The photographic processing or developer solutions can, if desired Organic solvents can also be incorporated to increase the solubility of the components the developer solution, in particular the developer compounds, to increase.

Examples of suitable organic solvents that can be used for this purpose can be used are ethylene glycol, hexylene glycol, diethylene glycol, methyl cellosolve, Methanol, ethanol, acetone, triethylene glycol, dimethylformamide, dimethyl sulfoxide and those in Japanese Patent Publication No. 33378/72 and 9 509/69 described compounds. The Uienge used of the above organic solvent can vary widely depending on the present pn Components, but a sufficient amount is usually one concentration within the range up to about 50 wt.%, in most cases up to about 10% by weight. In some cases, treatment or development solutions can also be used that contain solvents that are almost free of water.

Examples of suitable competing couplers are citrazinic acid, J-acid, H-acid and those disclosed in Japanese Patent Publication No. 9 505/69, 9 506/69, 9 507/69, 14 036/70 and 9 508/69 and in U.S. Patents 2,742,832, 3,520,69D, 3,560,212, and 3,645,737 and the like. examples for suitable antifoggants are alkali metal borohydrides, aminoboranes, ethylers, diamine, those described in Japanese Patent Publication No. 38816/72, and the same. Examples of compensation developers are p-aminophenol, benzyl-p-aminophenol, 1-phenyl-3-pyrazolidone and those described in Japanese patent publications Nos. 41 475/70, 19 037/71 and 1943/71, and the like. The usual way The amount of these compensating developers used is within the range of about 0.01 to about 1.0 g / l. Typical examples of work development solutions that consist of The various components described above are in "Kagaku Shashin Binran (Manual of Scientific Photography) ", page 72, IvIaruzen, Tokyo (1959), described.

Among the so-called dispersible color couplers, those of a developer solution may be added include the cyan couplers such as those shown in, for example U.S. Patents 3,002,836 and 3,542,552, the Purpurrottu1ypleer, as described, for example, in Japanese Patent Publication No. 13111/69 are, and the YellowPupplers, like see them, for example, in US patent specification 3 51Q 306 are described. Before color development, one treatment can be carried out in one a hardener containing before bath can be carried out.

The various treatments after color development can be applied to be carried out in the usual way.

According to one embodiment of the invention, color images with a improved graininess. According to another embodiment of the invention wiser. the resulting color images are excellent photographic ones Own.
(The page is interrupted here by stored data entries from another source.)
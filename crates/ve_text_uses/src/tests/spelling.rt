//! Words, their order and their texts, and the names of letters.

ghost use Rattle.std.specs.Prelude.{◌<◌, ◌↔◌, All, IsTrue};
ghost use Rattle.ve_theory.specs.Words.{letters};

mod names;
mod order;
mod text;

use std::alloc::Global;
use ve_word::{Memory, Word};

fn word_of(alloc: Global, root: u8, letters: &[u8]) -> Result<Word, Memory> {
    let mut word = Word::root(alloc, root);
    for &letter in letters {
        word.push(letter)?;
    }
    Ok(word)
}

// Whether all letters are below a bound.
fn is_below(word: &Word, bound: usize) -> bool
    ensures { IsTrue result ↔ All (λ letter. letter < bound) (letters word.now) }
{
    word.spelling()
        .iter()
        .all(|&letter| usize::from(letter) < bound)
}
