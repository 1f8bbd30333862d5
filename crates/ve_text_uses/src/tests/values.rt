ghost use Rattle.std.specs.Prelude.{IfOk};
ghost use Rattle.ve_pres.specs.Drafts.{IsOpen};
ghost use Rattle.ve_value.specs.Shapes.{AreWritten};

mod algebra;
mod modules;

use std::alloc::Global;
use ve_field::Field;
use ve_lex::{LexFault, Placed};
use ve_pres::Presentation;

// Over the field of 5 elements the letters x (0), its inverse X (1) and a (2), and two generators.
fn presentation(alloc: Global) -> Option<Presentation> {
    let mut presentation = Presentation::new(alloc, Field::new(5)?);
    if declares(&mut presentation) {
        return Some(presentation);
    }
    None
}

#[tactic(auto, unfolding(ve_theory::specs::Validity::is_name))]
fn declares(presentation: &mut Presentation) -> bool
    requires { IsOpen presentation.old }
{
    presentation.add_pair("x", "X").is_ok()
        && presentation.add_letter("a").is_ok()
        && presentation.set_roots(2).is_ok()
}

fn tokens<'a>(alloc: Global, text: &'a str) -> Result<Vec<Placed<'a>>, LexFault>
    ensures { IfOk result (λ tokens. AreWritten tokens.items) }
{
    ve_lex::tokens(alloc, text.as_bytes())
}
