/// Single faults.
const FAULTS: Refusals = &[
    (
        "venum 1\nprime 2\nletter x\nmodule 1\nrelation x^2 = 1\n",
        "line 6: end is missing",
    ),
    (
        "venum 1\nprime 2\nletter x\nmodule 1\nrelation x^2 = 1\nend\nend\n",
        "line 7: text after end",
    ),
    (
        "venum 1\nprime 2\nletter x\nmodule 1\nrelation x^2 = 1\nend\n$\n",
        "line 7: text after end",
    ),
    (
        "venum 1\nprime 2\nletter x\nmodule 1\nrelation x^2 = 1\nen",
        "line 6: this line is not expected here",
    ),
    (
        "venum 1\nprime 2\nletter x\nmodule 0\nrelation x^2 = 1\nend\n",
        "line 4: this line is not expected here",
    ),
    ("venum 3\n", "line 1: this line is not expected here"),
    (
        "venum 1\nletter x\n",
        "line 2: this line is not expected here",
    ),
    (
        "venum 1\nprime 9\nletter x\nmodule 1\nend\n",
        "line 2: not a prime below 256",
    ),
    (
        "venum 1\nprime 257\nletter x\nmodule 1\nend\n",
        "line 2: not a prime below 256",
    ),
    (
        "venum 1\nprime 2\nletter x\nletter x\n",
        "line 4: name already taken",
    ),
    (
        "venum 1\nprime 2\nletter e12\n",
        "line 3: name already taken",
    ),
    (
        "venum 2\nprime 2\nletter x weight 17\nmodule 1\nend\n",
        "line 3: weight not from 1 to 16",
    ),
    (
        "venum 1\nprime 2\nletter x weight 2\nmodule 1\nend\n",
        "line 3: this line is not expected here",
    ),
    (
        "venum 1\nprime 2\nletter x\nmodule 1\nbalance\nend\n",
        "line 5: this line is not expected here",
    ),
    (
        "venum 1\nprime 2\nletter x\nmodule 256\nend\n",
        "line 4: more than 255 module generators",
    ),
    (
        "venum 1\nprime 2\nletter x\nmodule 1\nrelation y = 1\nend\n",
        "line 5: unknown name",
    ),
    (
        "venum 1\nprime 2\nletter x\nmodule 1\nrelation x^-1 = 1\nend\n",
        "line 5: no inverse",
    ),
    (
        "venum 1\nprime 2\nletter x\nmodule 1\nrelation x^1001 = 1\nend\n",
        "line 5: exponent above 1000",
    ),
    (
        "venum 1\nprime 2\nletter x\nmodule 1\nrelation x = $\nend\n",
        "line 5: byte 13 begins no token",
    ),
    (
        "venum 1\nprime 2\nletter x\nmodule 1\nrelation x = 1234567890123456789\nend\n",
        "line 5: number at byte 13 has more than 18 digits",
    ),
    (
        "venum 1\nprime 2\nletter a\nletter b\nmodule 1\nrelation (a + b)^13 = 0\nend\n",
        "line 6: 8192 terms, more than 4096",
    ),
    (
        "venum 1\nprime 2\nletter a\nletter b\nmodule 1\nrelation a^1000*b = 0\nend\n",
        "line 6: word of length 1001, more than 1000",
    ),
    (
        "venum 1\nprime 2\nletter a\nmodule 1\nrelation a^600*a^600*nope = 0\nend\n",
        "line 5: word of length 1200, more than 1000",
    ),
    (
        "venum 1\nprime 2\nletter a\nmodule 1\nsub 2 = 0\nend\n",
        "line 5: this line is not expected here",
    ),
    (
        "venum 1\nprime 2\nletter a\nletter b\nmodule 1\nrelation (a + b)^12*a^988 = 0\nrelation (a + b)^12*a^988 = 0\nrelation (a + b)^12*a^988 = 0\nend\n",
        "line 8: 12300288 cells, more than 8388608",
    ),
    (
        "venum 1\nprime 2\nmodule 1\nrelation 1 = 0\nletter x\n",
        "line 5: this line is not expected here",
    ),
    (
        "venum 1\nprime 0\nletter x\nmodule 1\nend\n",
        "line 2: not a prime below 256",
    ),
    (
        "venum 1\nprime 1\nletter x\nmodule 1\nend\n",
        "line 2: not a prime below 256",
    ),
    ("", "line 1: end is missing"),
    ("#", "line 2: end is missing"),
    ("\n\n", "line 3: end is missing"),
    (
        "venum 2\nprime 2\nletter x weight 17\nmodule 1\nrelation x^2 = 1\nend\n",
        "line 3: weight not from 1 to 16",
    ),
    (
        "venum 2\nprime 2\nletter x weight 0\nmodule 1\nrelation x^2 = 1\nend\n",
        "line 3: weight not from 1 to 16",
    ),
    (
        "venum 1\nprime 2\nletter x weight 2\nmodule 1\nrelation x^2 = 1\nend\n",
        "line 3: this line is not expected here",
    ),
];
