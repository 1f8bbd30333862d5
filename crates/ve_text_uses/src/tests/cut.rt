//! Where texts are cut, and which beginnings of a text are read.

use std::test::Fail;
use ve_read::{read, split};

/// Bytes, and where they are cut: behind the first line that says `end`.
const CASES: &[(&[u8], usize)] = &[
    (b"", 0),
    (b"\n", 1),
    (b"end", 3),
    (b"end\n", 4),
    (b"end\nrest", 4),
    (b" end\nx", 5),
    (b"end # c\nx", 8),
    (b"end\r\nx", 5),
    (b"\tend\r", 5),
    (b"# end\nend\n\n", 10),
    (b"ends\nx", 6),
    (b"end end\nx", 9),
    (b"end 1\nend\ny", 10),
    (b"end $\nend\nend\n", 10),
    (b"end 1234567890123456789\nx", 25),
    (b"relation end = 0\nend\nx", 21),
    (b"end=\nend#\n#", 10),
    (b"x\nEnd\n", 6),
    (b"\xff\nend\n\xff", 6),
    (b"en\nd\n", 5),
    (
        b"venum 1\nprime 2\nletter x\nmodule 1\nrelation x^2 = 1\nend\nvenum-answer 1\nprime 2\nletters x\nmodule 1\nclosed 3\ndimension 2\nbasis e1\nbasis e1*x\nimage 1 0\nletter x\nrow 0 1\nrow 1 0\nend\n",
        55,
    ),
    (
        b"venum 1\nprime 2\nletter x\nmodule 1\nrelation x^2 = 1\nend\n",
        55,
    ),
    (
        b"venum 1\nprime 2\nletter x\nmodule 1\nrelation x^2 = 1\nend",
        54,
    ),
    (b"venum\nletter end\nend\nend\n", 21),
    (b"(end\nend)\nend (\n", 16),
    (b"end#\x00\xff$\n1", 8),
];

const TWO_CYCLE: &[u8] = b"venum 1\nprime 2\nletter x\nmodule 1\nrelation x^2 = 1\nend\n";

#[test]
fn texts_are_cut_behind_their_end(rt: HostRuntime) {
    for (text, place) in CASES {
        assert!(rt; split(text) == *place, "at {place}");
    }
}

// The last line feed alone is not missed.
#[test]
fn beginnings_of_a_text_are_refused(rt: HostRuntime) {
    for end in 0..TWO_CYCLE.len() {
        let is_read = read(rt.alloc(), &TWO_CYCLE[..end]).is_ok();
        assert!(rt; is_read == (end + 1 == TWO_CYCLE.len()), "at {end}");
    }
}
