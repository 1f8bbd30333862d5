//! Words and the commands that they mean.

use super::strings;
use std::test::Fail;
use ve_words::{Command, WordsFault, read_words};

/// Command lines, and what they mean.
const READ: &[(&str, Result<Command, WordsFault>)] = &[
    (
        "venum alone",
        Ok(Command::Alone {
            limit: 10_000,
            summary: false,
        }),
    ),
    (
        "venum alone --summary --limit 7",
        Ok(Command::Alone {
            limit: 7,
            summary: true,
        }),
    ),
    (
        "venum alone --limit=007 --",
        Ok(Command::Alone {
            limit: 7,
            summary: false,
        }),
    ),
    (
        "venum shared --limit=1000000 --workers 64",
        Ok(Command::Shared {
            workers: 64,
            limit: 1_000_000,
            summary: false,
        }),
    ),
    ("venum show", Ok(Command::Show)),
    ("venum check", Ok(Command::Check)),
    (
        "venum make --prime 3 --points 4 --node=1",
        Ok(Command::Make {
            points: 4,
            node: 1,
            prime: 3,
        }),
    ),
    ("venum alone --limit 0", Err(WordsFault::Refused)),
    ("venum make --points 4", Err(WordsFault::Refused)),
    ("venum show --help", Err(WordsFault::Refused)),
];

#[test]
fn words_mean_commands(rt: HostRuntime) -> Result<(), Fail> {
    for (line, command) in READ {
        let words = strings(rt.alloc(), line)?;
        assert!(rt; read_words(rt.alloc(), &words) == *command);
    }
    Ok(())
}
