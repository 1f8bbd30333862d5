//! Sources and sinks of bytes.

mod edge;
mod memory;
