use std::alloc::Global;
use std::test::Fail;
use ve_lex::{LexFault, Placed, Token, next_line, next_token, tokens};

macro_rules! name {
    ($text:literal, $start:literal, $end:literal) => {
        Placed { token: Token::Name($text), start: $start, end: $end }
    };
}

macro_rules! number {
    ($text:literal, $value:literal, $start:literal, $end:literal) => {
        Placed { token: Token::Number { value: $value, text: $text }, start: $start, end: $end }
    };
}

macro_rules! symbol {
    ($byte:literal, $start:literal) => {
        Placed { token: Token::Symbol($byte), start: $start, end: $start + 1 }
    };
}

// Lines with their tokens, or with their first fault.
const LINES: &[(&[u8], Result<&[Placed], LexFault>)] = &[
    (
        b"a*12 # b",
        Ok(&[
            name!(b"a", 0, 1),
            symbol!(b'*', 1),
            number!(b"12", 12, 2, 4),
        ]),
    ),
    (b"", Ok(&[])),
    (b" \t\r", Ok(&[])),
    (b"#", Ok(&[])),
    (b"# \x00\xff$ 1234567890123456789", Ok(&[])),
    (b"x#\x00\xff", Ok(&[name!(b"x", 0, 1)])),
    (b"\tx\r", Ok(&[name!(b"x", 1, 2)])),
    (
        b"_a1_Z9 b",
        Ok(&[name!(b"_a1_Z9", 0, 6), name!(b"b", 7, 8)]),
    ),
    (b"_", Ok(&[name!(b"_", 0, 1)])),
    (b"007", Ok(&[number!(b"007", 7, 0, 3)])),
    (b"0", Ok(&[number!(b"0", 0, 0, 1)])),
    (
        b"999999999999999999",
        Ok(&[number!(b"999999999999999999", 999_999_999_999_999_999, 0, 18)]),
    ),
    (
        b"000000000000000001",
        Ok(&[number!(b"000000000000000001", 1, 0, 18)]),
    ),
    (b"12ab", Ok(&[number!(b"12", 12, 0, 2), name!(b"ab", 2, 4)])),
    (
        b"x^-2",
        Ok(&[
            name!(b"x", 0, 1),
            symbol!(b'^', 1),
            symbol!(b'-', 2),
            number!(b"2", 2, 3, 4),
        ]),
    ),
    (
        b"+(=)",
        Ok(&[
            symbol!(b'+', 0),
            symbol!(b'(', 1),
            symbol!(b'=', 2),
            symbol!(b')', 3),
        ]),
    ),
    (b"a$", Err(LexFault::BadByte { at: 1 })),
    (
        b"  1234567890123456789",
        Err(LexFault::LongNumber { at: 2 }),
    ),
    (b"0000000000000000000", Err(LexFault::LongNumber { at: 0 })),
    (b"$ 1234567890123456789", Err(LexFault::BadByte { at: 0 })),
    (
        b"1234567890123456789 $",
        Err(LexFault::LongNumber { at: 0 }),
    ),
    (b"$%", Err(LexFault::BadByte { at: 0 })),
    (b"a \x00", Err(LexFault::BadByte { at: 2 })),
    (b"12ab\xff # c", Err(LexFault::BadByte { at: 4 })),
    (b"a1234567890123456789.", Err(LexFault::BadByte { at: 20 })),
    (b"x/y", Err(LexFault::BadByte { at: 1 })),
    (b"\x0b", Err(LexFault::BadByte { at: 0 })),
];

#[test]
fn lines_have_these_tokens(rt: HostRuntime) {
    for (line, expected) in LINES {
        assert!(rt; has_tokens(rt.alloc(), line, *expected), "at {line:?}");
    }
}

fn has_tokens(alloc: Global, line: &[u8], expected: Result<&[Placed], LexFault>) -> bool {
    match (tokens(alloc, line), expected) {
        (Ok(found), Ok(expected)) => found.as_slice() == expected,
        (Err(fault), Err(expected)) => fault == expected,
        _ => false,
    }
}

#[test]
fn first_tokens_are_found(rt: HostRuntime) -> Result<(), Fail> {
    let (first, behind) = next_token(b" end # all", 7)?.ok_or("no token")?;
    assert!(rt; first == name!(b"end", 8, 11) && behind.len() == 6);
    assert!(rt; next_token(behind, 0)?.is_none());
    Ok(())
}

/// Texts with their lines.
const TEXTS: &[(&[u8], &[&[u8]])] = &[
    (b"", &[]),
    (b"\n", &[b""]),
    (b"a", &[b"a"]),
    (b"a\n", &[b"a"]),
    (b"a\nb", &[b"a", b"b"]),
    (b"\n\n", &[b"", b""]),
    (b"a\r\n#\n\n c", &[b"a\r", b"#", b"", b" c"]),
];

#[test]
fn texts_have_these_lines(rt: HostRuntime) {
    for (text, lines) in TEXTS {
        assert!(rt; has_lines(text, lines), "in {text:?}");
    }
}

fn has_lines(text: &[u8], lines: &[&[u8]]) -> bool {
    let mut rest = text;
    for line in lines {
        match next_line(rest) {
            Some((found, behind)) if found == *line => rest = behind,
            _ => return false,
        }
    }
    next_line(rest).is_none()
}
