//! Which numbers have a presentation, and how large it is.

use std::test::Fail;
use ve_make::make;

/// Points, node, prime, and how many relators and submodule relations there are; none where there is no presentation.
const MADE: &[(u64, u64, u64, Option<(u32, u32)>)] = &[
    (2, 1, 2, Some((1, 0))),
    (3, 2, 3, Some((3, 1))),
    (25, 24, 251, Some((300, 23))),
    (1, 1, 3, None),
    (26, 1, 3, None),
    (3, 0, 3, None),
    (3, 3, 3, None),
    (3, 2, 9, None),
];

#[test]
fn made(rt: HostRuntime) -> Result<(), Fail> {
    for (points, node, prime, counts) in MADE {
        let made = make(rt.alloc(), *points, *node, *prime)?;
        let found = match &made {
            Some(presentation) => Some((presentation.relator_count(), presentation.sub_count())),
            None => None,
        };
        assert!(rt; found == *counts, "{points} {node} {prime}");
    }
    Ok(())
}
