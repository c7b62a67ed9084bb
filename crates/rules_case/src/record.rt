// A record: the numbers of a `Rules`, one byte each, in the order of its fields, places that no count covers too. The user class (count, 8 kinds,
// 8 sizes, 8 list numbers), the session class, the item class; users (count, 32 values); sessions (count, 32 users, 32 values); items (count, 32
// values); permissions; 12 lengths; 768 nodes of 4 bytes, least byte first. Then 2 bytes, least first: how many bytes are lent to the writer. 3,293
// in all.
ghost use Rattle.std.specs.Prelude.{◌≤◌};

use policy::{Class, Rules, Sessions, Values};

// The bytes of a record that are not read yet.
#[derive(Drop)]
struct Bytes<'a> {
    left: &'a [u8],
}

impl Bytes<'_> {
    // The next N bytes; zeros where fewer are left.
    fn next<const N: usize>(&mut self) -> [u8; N] {
        match self.left.split_first_chunk::<N>() {
            Some((first, rest)) => {
                self.left = rest;
                *first
            }
            None => [0; N],
        }
    }

    // The next byte; zero where none is left.
    fn byte(&mut self) -> u8 {
        match self.left.split_first() {
            Some((first, rest)) => {
                self.left = rest;
                *first
            }
            None => 0,
        }
    }

    fn class(&mut self, class: &mut Class) {
        class.count = self.byte();
        for attribute in class.attributes.iter_mut() {
            attribute.kind = self.byte();
        }
        for attribute in class.attributes.iter_mut() {
            attribute.size = self.byte();
        }
        for attribute in class.attributes.iter_mut() {
            attribute.list = self.byte();
        }
    }

    fn values(&mut self, values: &mut Values) {
        values.count = self.byte();
        values.values = self.next();
    }

    fn sessions(&mut self, sessions: &mut Sessions) {
        sessions.count = self.byte();
        for session in sessions.sessions.iter_mut() {
            session.user = self.byte();
        }
        for session in sessions.sessions.iter_mut() {
            session.value = self.byte();
        }
    }

    fn nodes(&mut self, nodes: &mut [u32; 768]) {
        let bytes: [u8; 3072] = self.next();
        for k in 0..768 {
            nodes[k] = u32::from_le_bytes([
                bytes[4 * k],
                bytes[4 * k + 1],
                bytes[4 * k + 2],
                bytes[4 * k + 3],
            ]);
        }
    }
}

// Reads the rules that a record holds, and returns how many bytes are lent to the writer, at most 4,096.
pub(super) fn read(bytes: &[u8], rules: &mut Rules) -> usize
    ensures { result ≤ 4096 }
{
    let mut bytes = Bytes { left: bytes };
    bytes.class(&mut rules.classes.user);
    bytes.class(&mut rules.classes.session);
    bytes.class(&mut rules.classes.item);
    bytes.values(&mut rules.users);
    bytes.sessions(&mut rules.sessions);
    bytes.values(&mut rules.items);
    rules.permissions = bytes.byte();
    rules.lengths = bytes.next();
    bytes.nodes(&mut rules.nodes);
    u16::from_le_bytes(bytes.next()).min(4096) as usize
}
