// Writes rules whose numbers it reads from standard input, and prints for each what the writer gives: the bytes in hexadecimal, or REFUSED and the
// number. What a record holds is in src/record.rt.
#![tactic(auto)]

ghost use Rattle.std.specs.Prelude.{◌≤◌, length};

mod record;

use policy::no_rules;
use std::io;
use std::io::Read;

// So many records are answered at most.
const RECORDS: u64 = 1000000;

// A line of these bytes, at most 4,096 of them, two digits each.
fn print_bytes(rt: &impl Print, bytes: &[u8]) -> io::Result<()>
    requires { length bytes.now ≤ 4096 }
{
    let mut line = [b'\n'; 8193];
    let digits = 2 * bytes.len();
    let _ = hex::encode_to_slice(bytes, &mut line[..digits]);
    rt.write_all(&line[..digits + 1])
}

// Writes the rules of a record to as many bytes as it says, and prints what comes of it.
fn answer(rt: &impl Print, bytes: &[u8]) -> io::Result<()> {
    let mut out = [0; 4096];
    let mut rules = no_rules();
    let room = record::read(bytes, &mut rules);
    match rules::write_rules(rules, &mut out[..room]) {
        Ok(n) => print_bytes(rt, &out[..n.min(4096)]),
        Err(refusal) => println!(rt; "REFUSED {}", u8::from(refusal)),
    }
}

// Answers the next record; false at the end, also where what is left is no whole record.
fn one<R: Read>(rt: &impl Print, input: &mut R) -> io::Result<bool> {
    let mut bytes: [u8; 3293] = [0; 3293];
    let n = streams::read_full(input, &mut bytes)?;
    if n < 3293 {
        return Ok(false);
    }
    answer(rt, &bytes[..n])?;
    Ok(true)
}

fn main(rt: HostRuntime) -> io::Result<()> {
    let mut input = rt.stdin();
    for _ in 0..RECORDS {
        if !one(&rt, &mut input)? {
            return Ok(());
        }
    }
    Ok(())
}
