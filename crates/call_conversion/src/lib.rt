// A book written as another version to an output, after the book's opening questions. A refused call leaves the output as it is, a longer
// output keeps its rest.
#![tactic(auto)]

ghost use Rattle.std.specs.Prelude.{◌≡◌};
ghost use Rattle.rules.specs.Questions.{version_known};
ghost use Rattle.book_format.specs.Questions.{book_number};
ghost use Rattle.refusals.specs.Refusal.{number_in};
ghost use Rattle.outputs.specs.Output.{Wrote};
ghost use Rattle.conversions.specs.Conversion.{conversion_after};

use refusals::Refusal;

// Is any number the version of a book?
fn is_version(version: u32) -> bool
    ensures { result ≡ version_known version }
{
    if 65535 < version {
        return false;
    }
    book_format::is_known(version as u16)
}

// Writes a book whose opening questions were asked as a version to the front of an output; the first question answered by no refuses it.
pub fn convert(
    book: &[u8],
    opened: Result<(), Refusal>,
    version: u32,
    out: &mut [u8],
) -> Result<(), Refusal>
    requires { number_in opened ≡ 0 → book_number book.now ≡ 0 }
    ensures { Wrote (conversion_after (number_in opened) version book.now out.old) (number_in result) out.new }
{
    opened?;
    if !is_version(version) {
        return Err(Refusal::UnknownTarget);
    }
    let target = version as u16;
    if !call_versions::keeps(book, target) {
        return Err(Refusal::InformationLost);
    }
    let size = call_versions::length_as(book, target);
    if out.len() < size {
        return Err(Refusal::VersionOutputTooShort);
    }
    call_versions::convert(book, target, &mut out[..size]);
    Ok(())
}
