// The run of a lent book in bytes: while some user that is short of cover has an eligible trade, the one of the lowest id is reduced.
#![tactic(auto)]

ghost use Rattle.std.specs.Prelude.{◌≡◌, is_ok, IfOk};
ghost use Rattle.refusals.specs.Refusal.{number_in};
ghost use Rattle.store.specs.Asked.{figures_in};
ghost use Rattle.book_format.specs.After.{CalledAfter};
ghost use Rattle.units.specs.Limits.{as_limits};
ghost use Rattle.book_questions.specs.Opened.{Opened};
ghost use Rattle.call_answers.specs.Run.{answer_of};
ghost use Rattle.call_run.specs.Call.{run_call};

use call_answers::Run;
use refusals::Refusal;
use risk_user::Day;
use units::Limits;

// Runs the book that the bytes hold, in the bytes, after the opening questions, whose refusal or figures are given with the places of
// the trades' parties and the sums of the users. It is refused only where they were.
pub fn run(
    book: &mut [u8],
    opened: Result<Limits, Refusal>,
    sellers: &[u8; 256],
    buyers: &[u8; 256],
    sums: &mut [u32; 768],
) -> Result<Run, Refusal>
    requires { IfOk opened (λ limits. Opened (as_limits limits) book.old sellers.now buyers.now sums.old) }
    ensures called { CalledAfter (number_in opened) (figures_in opened) book.old run_call (answer_of result) book.new }
    ensures carried_out { is_ok result ≡ is_ok opened }
{
    let limits = opened?;
    let day = Day {
        limits,
        prices: book_header::read_prices(book),
    };
    let mut bearing_sellers = [0u8; 256];
    let mut bearing_buyers = [0u8; 256];
    call_parties::bear(
        book,
        sellers,
        buyers,
        &mut bearing_sellers,
        &mut bearing_buyers,
        sums,
    );
    let totals = run_book::run_book(
        book,
        sellers,
        buyers,
        &bearing_sellers,
        &bearing_buyers,
        sums,
        day,
    );
    Ok(Run {
        totals,
        log_is_full: false,
    })
}
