// What is written in a log: the first bytes with the book that it holds, an entry more, the last dropped, all of them dropped; and the
// start of a log. Which entry is meant is the caller's own, never input.
#![tactic(auto)]

ghost use Rattle.std.specs.Prelude.{◌≡◌, ◌*◌, ◌<◌, ◌≤◌, length};
ghost use Rattle.log_format.specs.Log.{entries_at, entry_at, entry_size, log_head, padded};
ghost use Rattle.log_format.specs.Fits.{start_number, started};
ghost use Rattle.log_entries.specs.Entries.{Notable, Noted, NotedAt, cleared, sealed};
ghost use Rattle.refusals.specs.Refusal.{number_in};

use refusals::Refusal;

// ---- the first bytes, and the held book

// Writes mark, zero byte, entry count and length of the held book.
fn put_head(head: &mut [u8], count: u32, held: u32)
    requires { length head.old ≡ 12 }
    ensures { head.new ≡ log_head count held }
{
    fields::put(head, 0, 3, 0x4C_44_47);
    fields::put_u8(head, 3, 0);
    fields::put_u32(head, 4, count);
    fields::put_u32(head, 8, held);
}

// Writes a book to the front of a part, and 0 behind it.
fn put_held(part: &mut [u8], book: &[u8])
    requires { length book.now ≤ length part.old }
    ensures { part.new ≡ padded (length part.old) book.now }
{
    let n = book.len();
    part[..n].copy_from_slice(book);
    log_bytes::clear(&mut part[n..]);
}

// Writes all that stands before the entries: how many there are, and the book as a call leaves it.
pub fn seal(log: &mut [u8], book: &[u8], count: u32)
    requires { (length log.old ≡ 271668) × (length book.now ≤ 9512) }
    ensures { log.new ≡ sealed count book.now log.old }
{
    let held = book.len() as u32;
    put_head(&mut log[..12], count, held);
    put_held(&mut log[12..9524], book);
}

// ---- entries

// Writes the cuts from..to in an entry, each at the place of its trade.
fn put_cuts(entry: &mut [u8], origins: &[u8; 256], cuts: &[u64; 256], from: usize, to: usize)
    requires { (length entry.old ≡ 1024) × Notable origins.now cuts.now from to }
    ensures { Noted origins.now cuts.now from to entry.old entry.new }
{
    for k in from..to {
        let place = indices::index(origins[k]);
        fields::put_u32(entry, 4 * place, cuts[k] as u32);
    }
}

// Notes the cuts from..to in the entry at a place.
pub fn note(
    log: &mut [u8],
    place: usize,
    origins: &[u8; 256],
    cuts: &[u64; 256],
    from: usize,
    to: usize,
)
    requires { (length log.old ≡ 271668) × (place < 256) × Notable origins.now cuts.now from to }
    ensures { NotedAt place origins.now cuts.now from to log.old log.new }
{
    let at = log_questions::entry_offset(place);
    put_cuts(&mut log[at..at + 1024], origins, cuts, from, to);
}

// Makes the entry at a place 0.
pub fn drop_entry(log: &mut [u8], place: usize)
    requires { (length log.old ≡ 271668) × (place < 256) }
    ensures { log.new ≡ cleared (entry_at place) entry_size log.old }
{
    let at = log_questions::entry_offset(place);
    log_bytes::clear(&mut log[at..at + 1024]);
}

// Makes the first entries 0.
pub fn drop_entries(log: &mut [u8], count: usize)
    requires { (length log.old ≡ 271668) × (count ≤ 256) }
    ensures { log.new ≡ cleared entries_at (entry_size * count) log.old }
{
    let end = log_questions::entry_offset(count);
    log_bytes::clear(&mut log[9524..end]);
}

// ---- the start

// Starts a log that holds a book, any bytes. Where the log has another length or the book does not fit it is refused, and stays as it is.
pub fn start(log: &mut [u8], book: &[u8]) -> Result<(), Refusal>
    ensures value { number_in result ≡ start_number log.old book.now }
    ensures log_after { log.new ≡ started log.old book.now }
{
    if log.len() != 271668 {
        return Err(Refusal::OtherLog);
    }
    if 9512 < book.len() {
        return Err(Refusal::OtherLog);
    }
    seal(log, book, 0);
    drop_entries(log, 256);
    Ok(())
}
properties and obfuscation properties. In addition, will through the present invention shortens the development time.

The invention is illustrated in more detail by the following examples, but without being limited to it. The parts, percentages, Unless otherwise stated, ratios and the like refer to the weight.

Example 1 For 1000 g of a highly sensitive negative photographic emulsion, the 6.5 g of silver iodobromide (silver iodide content 6.0 mol%) and 10 g of gelatin Containing 100 g of emulsion, 200 ml of a 0.3% methanolic solution of the VerZ connection (1) as an optical sensitizer, 20 ml of a 1 own.

aqueous solution of 5-methyl-7-hydroxy-1,3,4-triazaindolizine 450 g a cyan coupler emulsion prepared according to that described below Emulsion (A), and 50 ml of a 2% strength aqueous solution of the sodium salt of 2-HydroxJr-4,6-dichloro-s-triazine added as a gelatin hardener.

Connection (1) Emulsion (A) 3 (1) gelatin (10% aqueous solution) 1000 ml (2) ethyl acetate 110 ml blue-green knockers (compound 2)) 80 g sodium p-dodecylbenzenesulfonate 5 g sorbitan monolaurate (20% methanolic solution) 30 ml tricresyl phosphate 65 ml compound (2) After the compounds listed in (2) above were mixed and dissolved at a temperature of 6,000, they were added to the above-mentioned solution (1) heated to 6,000 and stirred with a mixer for 2 minutes to form an emulsion.

By applying a solution for a red sensitive emulsion layer, which had been produced by the method described above, to one with an intermediate layer (adhesive layer) provided cellulose triacetate carrier in the form a layer in a coating amount of 20 mg of silver per 100 cm 2 became a Film (1) produced.

A film (11) was produced as follows: 40 μl of a 5% strength aqueous Solution of polyvinylpyrrolidone (molecular weight about 150,000) became the coating solution for the red-sensitive emulsion layer prepared beforehand after the above Process had been prepared, added and the resulting solution was in the form of a layer on top of one provided with an intermediate layer (adhesive layer) Cellulose triacetate carrier in a coating amount of 20 mg silver per 100 cm2 upset.

The films (1) and (11) were through a step part (gray wedge) with exposed to a density difference of 0.15 with red light and below the following Conditions color developed: (i) for 12 minutes at 24 ° C, (2) for 6 minutes at 30 ° C, (3) for 2 minutes at 40 ° C and (4) for 50 seconds at 50 ° C, the for the color development at each temperature depending on the time required the respective development temperature was changed to accommodate the changes in the photographic Correct properties due to the temperature difference. After that were performed the following stages of treatment: Treatment level Temperature (° C) Time (minutes) Stopping 24 4 Hardening 24 4 Washing 24 4 Bleaching 24 4 Fixing 24 8 Washing 24 8 Drying Below are the compositions each of the treatment solutions indicated.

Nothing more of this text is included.